* [Work item]:
Your result should be every line of the records below that contains the word "ends".

━━ Supplied material

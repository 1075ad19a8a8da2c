//! A scanner that takes the bytes of a Liberty text and keeps its tokens.

ghost use Rattle.std.specs.Prelude.{◌≡◌, ◌++◌, ◌+◌, ◌<◌, ◌≤◌, ◌^◌, ℕ, length, take, OnOk, IfOk};
ghost use Rattle.std.specs.Prelude.{false, [], ◌∷◌};
ghost use Rattle.liberty_text.specs.Scanner.{class_of, token, opened, in_word_by, comment_in_word, in_text, step, closing};
ghost use Rattle.liberty_text.specs.Runs.{mode_behind, tokens_ended, has_mark};
ghost use Rattle.liberty_text.specs.declared.scanner.Mode.TheVariants.{Between};

use crate::bytes_after::{after_comment_byte, after_continuation_byte, slash_at};
use crate::class::{Class, class_of};
use crate::idle::{idle_run, is_mark_byte};
use crate::kept::{Kept, KeptScan};
use crate::token::{Stop, TokenKind};
use std::alloc::{AllocError, Global};

/// What stands open at a place of the text. `line_before` is that of the token to come.
#[derive(Clone, Copy)]
pub enum Mode {
    Between {
        line_before: bool,
    },
    /// `slash` is the offset of the byte before the place, where that is a slash of this word.
    InWord {
        at: usize,
        line_before: bool,
        slash: Option<usize>,
    },
    /// `escaped` says that the byte before the place is a backslash.
    InText {
        at: usize,
        line_before: bool,
        escaped: bool,
    },
    /// `star` says that the byte before the place is a star which may close the comment.
    InComment {
        at: usize,
        line_before: bool,
        star: bool,
    },
    /// After a backslash and blanks, where only blanks and a line end may follow.
    InContinuation {
        at: usize,
        line_before: bool,
    },
    /// After a byte with which no token begins. Nothing more is read.
    Stopped {
        at: usize,
    },
}

/// The tokens of the bytes that were read so far, and what stands open behind them: a text read byte
/// by byte, also in pieces. Each token is kept in eight bytes.
#[derive(Drop)]
pub struct Scanner {
    tokens: Vec<Kept>,
    mode: Mode,
}

impl Scanner {
    /// A scanner that has read no byte.
    pub fn new(alloc: Global) -> Scanner
        ensures tokens { result.tokens.items ≡ [] }
        ensures mode { result.mode ≡ Between false }
    {
        Scanner {
            tokens: Vec::new(alloc),
            mode: Mode::Between { line_before: false },
        }
    }

    /// A scanner that has read no byte, with the memory of this list for its tokens.
    pub fn with_room(mut room: Vec<Kept>) -> Scanner
        ensures tokens { result.tokens.items ≡ [] }
        ensures mode { result.mode ≡ Between false }
    {
        room.clear();
        Scanner {
            tokens: room,
            mode: Mode::Between { line_before: false },
        }
    }

    /// The tokens that have ended, as a list of the caller's.
    pub fn into_tokens(self) -> Vec<Kept>
        ensures { result.items ≡ self.tokens.items }
    {
        let Scanner { tokens, .. } = self;
        tokens
    }

    /// The tokens that have ended.
    pub fn tokens(&self) -> &[Kept]
        ensures { result.now ≡ self.now.tokens.items }
    {
        self.tokens.as_slice()
    }

    /// This much stands open from here on.
    #[inline(always)]
    pub(crate) fn set_mode(&mut self, mode: Mode)
        ensures mode { self.new.mode ≡ mode }
        ensures tokens { self.new.tokens.items ≡ self.old.tokens.items }
    {
        self.mode = mode;
    }

    /// Keeps a token.
    #[inline(always)]
    pub(crate) fn push(
        &mut self,
        kind: TokenKind,
        at: usize,
        end: usize,
        line_before: bool,
    ) -> Result<(), AllocError>
        ensures tokens { OnOk result (self.new.tokens.items ≡ self.old.tokens.items ++ token kind at end line_before ∷ []) }
        ensures mode { self.new.mode ≡ self.old.mode }
    {
        self.tokens.push(Kept::new(kind, at, end, line_before)?)?;
        Ok(())
    }

    /// What stands open behind a byte between tokens. Where the byte is a token, it is kept.
    #[inline(always)]
    pub(crate) fn opened(
        &mut self,
        line_before: bool,
        at: usize,
        byte: u8,
    ) -> Result<Mode, AllocError>
        requires { at + 1 < 2 ^ 64 }
        ensures mode { IfOk result (λ mode. mode ≡ (opened line_before at byte).0) }
        ensures tokens { OnOk result (self.new.tokens.items ≡ self.old.tokens.items ++ (opened line_before at byte).1) }
    {
        Ok(match class_of(byte) {
            Class::LineEnd => Mode::Between { line_before: true },
            Class::Blank => Mode::Between { line_before },
            Class::Mark(kind) => {
                self.push(kind, at, at + 1, line_before)?;
                Mode::Between { line_before: false }
            }
            Class::Quote => Mode::InText {
                at,
                line_before,
                escaped: false,
            },
            Class::Backslash => Mode::InContinuation { at, line_before },
            Class::WordByte => Mode::InWord {
                at,
                line_before,
                slash: slash_at(at, byte),
            },
            Class::Bad => Mode::Stopped { at },
        })
    }

    /// A byte between tokens.
    #[inline(always)]
    fn open(&mut self, line_before: bool, at: usize, byte: u8) -> Result<(), AllocError>
        requires { at + 1 < 2 ^ 64 }
        ensures mode { OnOk result (self.new.mode ≡ (opened line_before at byte).0) }
        ensures tokens { OnOk result (self.new.tokens.items ≡ self.old.tokens.items ++ (opened line_before at byte).1) }
    {
        self.mode = self.opened(line_before, at, byte)?;
        Ok(())
    }

    /// A byte after those of the word that begins at `begun`.
    #[inline(always)]
    fn go_on(&mut self, begun: usize, line: bool, at: usize, byte: u8) -> Result<(), AllocError>
        requires { at + 1 < 2 ^ 64 }
        ensures mode { OnOk result (self.new.mode ≡ (in_word_by begun line at byte (class_of byte)).0) }
        ensures tokens { OnOk result (self.new.tokens.items ≡ self.old.tokens.items
            ++ (in_word_by begun line at byte (class_of byte)).1) }
    {
        if class_of(byte) == Class::WordByte {
            self.mode = Mode::InWord {
                at: begun,
                line_before: line,
                slash: slash_at(at, byte),
            };
            return Ok(());
        }
        self.push(TokenKind::Word, begun, at, line)?;
        self.open(false, at, byte)
    }

    /// The word that begins at `begun` ends before the slash of a comment.
    fn begin_comment(
        &mut self,
        begun: usize,
        line_before: bool,
        slash: usize,
    ) -> Result<(), AllocError>
        ensures mode { OnOk result (self.new.mode ≡ (comment_in_word begun line_before slash).0) }
        ensures tokens { OnOk result (self.new.tokens.items ≡ self.old.tokens.items
            ++ (comment_in_word begun line_before slash).1) }
    {
        let is_word = begun != slash;
        if is_word {
            self.push(TokenKind::Word, begun, slash, line_before)?;
        }
        self.mode = Mode::InComment {
            at: slash,
            line_before: line_before && !is_word,
            star: false,
        };
        Ok(())
    }

    /// A byte of the text that begins at `begun`.
    fn go_on_text(
        &mut self,
        begun: usize,
        line_before: bool,
        escaped: bool,
        at: usize,
        byte: u8,
    ) -> Result<(), AllocError>
        requires { at + 1 < 2 ^ 64 }
        ensures mode { OnOk result (self.new.mode ≡ (in_text begun line_before escaped at byte).0) }
        ensures tokens { OnOk result (self.new.tokens.items ≡ self.old.tokens.items
            ++ (in_text begun line_before escaped at byte).1) }
    {
        if byte == b'"' && !escaped {
            self.push(TokenKind::Text, begun, at + 1, line_before)?;
            self.mode = Mode::Between { line_before: false };
        } else {
            self.mode = Mode::InText {
                at: begun,
                line_before,
                escaped: byte == b'\\',
            };
        }
        Ok(())
    }

    /// The byte at an offset, after those before it.
    #[inline(always)]
    pub(crate) fn step(&mut self, at: usize, byte: u8) -> Result<(), AllocError>
        requires { at + 1 < 2 ^ 64 }
        ensures mode { OnOk result (self.new.mode ≡ (step self.old.mode at byte).0) }
        ensures tokens { OnOk result (self.new.tokens.items ≡ self.old.tokens.items ++ (step self.old.mode at byte).1) }
    {
        match self.mode {
            Mode::Between { line_before } => self.open(line_before, at, byte)?,
            Mode::InWord {
                at: begun,
                line_before,
                slash: Some(slash),
            } if byte == b'*' => self.begin_comment(begun, line_before, slash)?,
            Mode::InWord {
                at: begun,
                line_before,
                ..
            } => self.go_on(begun, line_before, at, byte)?,
            Mode::InText {
                at: begun,
                line_before,
                escaped,
            } => self.go_on_text(begun, line_before, escaped, at, byte)?,
            Mode::InComment {
                at: begun,
                line_before,
                star,
            } => self.mode = after_comment_byte(begun, line_before, star, byte),
            Mode::InContinuation {
                at: begun,
                line_before,
            } => self.mode = after_continuation_byte(begun, line_before, byte),
            Mode::Stopped { .. } => {}
        }
        Ok(())
    }

    /// Reads bytes that begin at an offset, up to the first one with which a token ends, and that one too. How many they are:
    /// all of them, where no token ends with them.
    pub fn step_on(&mut self, at: usize, bytes: &[u8]) -> Result<usize, AllocError>
        requires { at + length bytes.now < 2 ^ 64 }
        ensures count { IfOk result (λ count. count ≤ length bytes.now) }
        ensures mode { IfOk result (λ count. self.new.mode ≡ mode_behind self.old.mode at (take count bytes.now)) }
        ensures tokens { IfOk result (λ count. self.new.tokens.items ≡ self.old.tokens.items
            ++ tokens_ended self.old.mode at (take count bytes.now)) }
        ensures none_before { IfOk result (λ count. (n : ℕ) → n < count → tokens_ended self.old.mode at (take n bytes.now) ≡ []) }
        ensures all { IfOk result (λ count. tokens_ended self.old.mode at (take count bytes.now) ≡ []
            → count ≡ length bytes.now) }
    {
        let ended = self.tokens().len();
        let mut done = 0;
        while done < bytes.len() {
            let (_, left) = bytes.split_at(done);
            done += idle_run(self.mode, left);
            if done < bytes.len() {
                self.step(at + done, bytes[done])?;
                done += 1;
                if self.tokens().len() != ended {
                    return Ok(done);
                }
            }
        }
        Ok(bytes.len())
    }

    /// Reads bytes as `step_to_mark` does, whatever stands open before them.
    fn open_to_mark(&mut self, at: usize, bytes: &[u8]) -> Result<usize, AllocError>
        requires { at + length bytes.now < 2 ^ 64 }
        ensures count { IfOk result (λ count. count ≤ length bytes.now) }
        ensures some { IfOk result (λ count. 0 < length bytes.now → 0 < count) }
        ensures mode { IfOk result (λ count. self.new.mode ≡ mode_behind self.old.mode at (take count bytes.now)) }
        ensures tokens { IfOk result (λ count. self.new.tokens.items ≡ self.old.tokens.items
            ++ tokens_ended self.old.mode at (take count bytes.now)) }
        ensures none_before { IfOk result (λ count. (n : ℕ) → n < count
            → has_mark (tokens_ended self.old.mode at (take n bytes.now)) ≡ false) }
    {
        let mut done = 0;
        while done < bytes.len() {
            let (_, left) = bytes.split_at(done);
            done += idle_run(self.mode, left);
            if done < bytes.len() {
                let byte = bytes[done];
                self.step(at + done, byte)?;
                done += 1;
                if is_mark_byte(byte) {
                    return Ok(done);
                }
            }
        }
        Ok(bytes.len())
    }

    /// Reads bytes as `step_to_mark` does, where nothing stands open before them, up to where something other does.
    fn between_to_mark(
        &mut self,
        line_before: bool,
        at: usize,
        bytes: &[u8],
    ) -> Result<usize, AllocError>
        requires between { self.old.mode ≡ Between line_before }
        requires fits { at + length bytes.now < 2 ^ 64 }
        ensures count { IfOk result (λ count. count ≤ length bytes.now) }
        ensures some { IfOk result (λ count. 0 < length bytes.now → 0 < count) }
        ensures mode { IfOk result (λ count. self.new.mode ≡ mode_behind self.old.mode at (take count bytes.now)) }
        ensures tokens { IfOk result (λ count. self.new.tokens.items ≡ self.old.tokens.items
            ++ tokens_ended self.old.mode at (take count bytes.now)) }
        ensures none_before { IfOk result (λ count. (n : ℕ) → n < count
            → has_mark (tokens_ended self.old.mode at (take n bytes.now)) ≡ false) }
    {
        let mut line_before = line_before;
        let mut done = 0;
        while done < bytes.len() {
            let (_, left) = bytes.split_at(done);
            let passed = self.pass_between(line_before, at + done, left)?;
            done += passed.count;
            if !passed.goes_on {
                return Ok(done);
            }
            line_before = passed.line_before;
        }
        self.mode = Mode::Between { line_before };
        Ok(done)
    }

    /// Reads bytes that begin at an offset, up to the first one with which a brace of a group or a semicolon ends, and that one
    /// too, or fewer. How many they are: at least one, where there are any.
    pub fn step_to_mark(&mut self, at: usize, bytes: &[u8]) -> Result<usize, AllocError>
        requires { at + length bytes.now < 2 ^ 64 }
        ensures count { IfOk result (λ count. count ≤ length bytes.now) }
        ensures some { IfOk result (λ count. 0 < length bytes.now → 0 < count) }
        ensures mode { IfOk result (λ count. self.new.mode ≡ mode_behind self.old.mode at (take count bytes.now)) }
        ensures tokens { IfOk result (λ count. self.new.tokens.items ≡ self.old.tokens.items
            ++ tokens_ended self.old.mode at (take count bytes.now)) }
        ensures none_before { IfOk result (λ count. (n : ℕ) → n < count
            → has_mark (tokens_ended self.old.mode at (take n bytes.now)) ≡ false) }
    {
        match self.mode {
            Mode::Between { line_before } => self.between_to_mark(line_before, at, bytes),
            _ => self.open_to_mark(at, bytes),
        }
    }

    /// What there is where the bytes end, at an offset.
    pub fn finish(mut self, at: usize) -> Result<KeptScan, AllocError>
        ensures tokens { IfOk result (λ found. found.tokens.items ≡ self.tokens.items ++ (closing self.mode at).0) }
        ensures stop { IfOk result (λ found. found.stop ≡ (closing self.mode at).1) }
    {
        let stop = match self.mode {
            Mode::Between { .. } => Stop::End,
            Mode::InWord {
                at: begun,
                line_before,
                ..
            } => {
                self.push(TokenKind::Word, begun, at, line_before)?;
                Stop::End
            }
            Mode::InText { at: begun, .. } => Stop::OpenText(begun),
            Mode::InComment { at: begun, .. } => Stop::OpenComment(begun),
            Mode::InContinuation { at: begun, .. } => Stop::OpenContinuation(begun),
            Mode::Stopped { at: begun } => Stop::BadByte(begun),
        };
        let Scanner { tokens, .. } = self;
        Ok(KeptScan { tokens, stop })
    }
}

━━━━

* [Result of this task]:
    /// The word that begins at `begun` ends before the slash of a comment.
    /// Reads bytes that begin at an offset, up to the first one with which a token ends, and that one too. How many they are:
    /// all of them, where no token ends with them.
    /// Reads bytes that begin at an offset, up to the first one with which a brace of a group or a semicolon ends, and that one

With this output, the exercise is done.